Immunotherapy for children with sarcoma

10 Jul 2023

July is Sarcoma Awareness month – a time for learning more about sarcoma and its impact. In this blog, we introduce an exciting new research project investigating the potential use of immunotherapy to help children with sarcoma.

Sarcoma in children

Sarcomas are tumours of the bones, cartilage and other connective tissues. Because these tumours tend to grow very aggressively, they often require intensive treatment, including highly toxic chemotherapy. Not only does such intensive therapy often result in serious side-effects, it is by no means guaranteed to be effective.

“While cure rates for some childhood cancers such as leukaemia have gone up significantly over the years, cure rates for most types of sarcoma have stagnated,” explains Dr Klaartje Somers, Senior Scientist in our Molecular Targets and Cancer Therapeutics Theme.

“Too many children with sarcoma are dying, and those who survive are often left with serious health issues as a result of their treatment. We desperately need new treatment strategies for these kids.”

Why immunotherapy?

Some years back, it was discovered that our immune system − our body’s natural defence system against disease-causing organisms like bacteria and viruses − is capable of targeting cancer cells. Since then, scientists have been trying to find a way to harness the immune system to fight cancer.

“Using immunotherapy, we can make treatment much more specific to cancer cells, and because of this, less damage is done to healthy cells,” explains Klaartje. “So first and foremost, immunotherapy promises to be much safer than chemotherapy. It could also prove to be a useful alternative treatment in cases where a child’s cancer has become resistant to chemotherapy.”

CAR-T cell therapy

Recently, Klaartje was successful in attracting major Cancer Council NSW funding to support her research into immunotherapy for solid tumours in children. Specifically, she is working on a type of immunotherapy known as ‘CAR-T cell therapy’.

In CAR-T cell therapy, specialised immune cells called T cells are taken from the patient’s blood (or that of a donor) and engineered in the lab, so they are able to recognise and destroy cancer cells when put in the patient’s body. The letters ‘CAR’ stand for chimeric antigen receptor, and reflect the type of receptor the modified T cells express so they can target the cancer cells.

Overcoming obstacles

“CAR-T-cell therapy is one of the most commonly used immunotherapies in kids, but so far it’s been exclusively used for the treatment of blood cancers,” explains Klaartje.

“At the moment, CAR-T cells don’t work well with solid tumours. This is partly because they can’t penetrate the cancerous tissue, and partly because these tumours tend to be quite immunosuppressive, and that’s due to the nature of the tumour microenvironment, or TME [the cells surrounding the tumour].”

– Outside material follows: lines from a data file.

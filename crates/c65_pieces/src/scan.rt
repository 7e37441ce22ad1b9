// The next token of a lines.
ghost use Rattle.std.specs.Prelude.{◌≡◌, ◌++◌, IfOk, OnErr};
ghost use Rattle.c65_pieces.specs.Settled.{ahead};
ghost use Rattle.c65_lex.specs.Next.{IsNext, NeedsMemory, first_line};
ghost use Rattle.c65_pieces.specs.Scanned.{IsTaken, IsEntered, IsSkipped, next_in, opening};

use crate::blanks::{Gap, gap_at, past_comment};
use crate::lengths::token_at;
use crate::settled::{Settled, is_beyond, read};
use c65_base::Text;
use c65_lex::PpKind;
use std::alloc::{AllocError, Global};

/// What stands behind white space and comments: a place, and whether there was any; a comment
/// without its end, which begins on a line; or a line that is too long.
#[derive(Clone, Copy)]
pub enum Skipped {
    Here(usize, bool),
    Unclosed(u32),
    TooLong,
}

/// A token's bytes.
#[derive(Drop)]
pub struct Spelled {
    pub kind: PpKind,
    pub spelling: Text,
    pub line: u32,
    pub space: bool,
    pub rest: usize,
}

/// What comes next.
#[derive(Drop)]
pub enum Scanned {
    Ended,
    Unclosed(u32),
    TooLong,
    Token(Spelled),
}

/// The line of a place.
fn line_at(lines: &[Settled], place: usize) -> u32
    ensures { result ≡ first_line (ahead lines.now place) }
{
    match read(lines, place) {
        Some(reading) => reading.line,
        None => 0,
    }
}

/// Goes over what is left of a comment that began on a line.
fn leave(lines: &[Settled], from: usize, comment: Option<u32>) -> Skipped
    ensures { IsEntered lines.now (opening comment ++ ahead lines.now from) result }
{
    let Some(line) = comment else {
        return Skipped::Here(from, false);
    };
    match past_comment(lines, from) {
        Gap::Nothing => Skipped::Here(from, true),
        Gap::Over(place) => Skipped::Here(place, true),
        Gap::Unclosed => Skipped::Unclosed(line),
        Gap::TooLong => Skipped::TooLong,
    }
}

/// Goes over white space and comments.
fn skip(lines: &[Settled], from: usize, comment: Option<u32>) -> Skipped
    ensures { IsSkipped lines.now (opening comment ++ ahead lines.now from) result }
{
    let entered = leave(lines, from, comment);
    let Skipped::Here(mut place, mut space) = entered else {
        return entered;
    };
    loop {
        match gap_at(lines, place) {
            Gap::Nothing => return Skipped::Here(place, space),
            Gap::Over(rest) => {
                place = rest;
                space = true;
            }
            Gap::Unclosed => return Skipped::Unclosed(line_at(lines, place)),
            Gap::TooLong => return Skipped::TooLong,
        }
    }
}

/// Takes that many bytes, unless the line is too long at one of them.
fn take(
    alloc: Global,
    lines: &[Settled],
    from: usize,
    count: usize,
) -> Result<Option<(Text, usize)>, AllocError>
    ensures { IfOk result (IsTaken lines.now count (ahead lines.now from)) }
{
    let mut spelling = Vec::new(alloc);
    let mut place = from;
    let mut left = count;
    while left > 0 {
        let Some(reading) = read(lines, place) else {
            break;
        };
        if is_beyond(reading) {
            return Ok(None);
        }
        spelling.push(reading.byte)?;
        place = reading.rest;
        left -= 1;
    }
    Ok(Some((Text::from_vec(spelling), place)))
}

/// The next token, or why there is none. A comment may be open, which began on a line.
pub fn scan(
    alloc: Global,
    lines: &[Settled],
    from: usize,
    comment: Option<u32>,
    header: bool,
) -> Result<Scanned, AllocError>
    ensures next { IfOk result (λ r. IsNext header (opening comment ++ ahead lines.now from) (next_in lines.now r)) }
    ensures memory { OnErr result (NeedsMemory header (opening comment ++ ahead lines.now from)) }
{
    let (place, space) = match skip(lines, from, comment) {
        Skipped::Here(place, space) => (place, space),
        Skipped::Unclosed(line) => return Ok(Scanned::Unclosed(line)),
        Skipped::TooLong => return Ok(Scanned::TooLong),
    };
    let Some(first) = read(lines, place) else {
        return Ok(Scanned::Ended);
    };
    let (kind, count) = token_at(lines, place, first, header);
    let Some((spelling, rest)) = take(alloc, lines, place, count)? else {
        return Ok(Scanned::TooLong);
    };
    Ok(Scanned::Token(Spelled {
        kind,
        spelling,
        line: first.line,
        space,
        rest,
    }))
}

Klaartje and her team are working on overcoming those barriers by using special drugs to prime the TME − putting the cancer cells under stress and helping make the tumour more permissive for CAR-T cells to enter − before injecting the cells.

“This is the first time that these drugs have been used for this purpose, to the best of my knowledge,” she shares. “We have a few different drugs to work with, so I’m optimistic about the results we can achieve.”

The team is working closely with Dr Deborah Meyran and colleagues at the Peter MacCallum Cancer Centre to generate CAR-T cells that have been specifically designed to target cancers in children, rather than adults.

Making progress

Recently, Klaartje and her team were able to show that their new technique of using primer drugs to rewire the TME can successfully change the TME in neuroblastoma tumours. Now, they are working on using the same technique with sarcomas.

After working out optimal drug doses and time points for administration, they then plan to test their approach in living models of cancer – mice that have been specially bred for such experiments – to find out if the immunotherapy is more effective and better tolerated than standard therapy.

Looking to the future, Klaartje says she has high hopes about what this research can achieve. “I would love to see this new generation of CAR-T cells move into the clinic and make a real difference for kids with sarcoma and other high-risk solid tumours.”

“It might even be that immunotherapy becomes a first-line therapy in the future, taking the place of chemotherapy. That would be amazing!”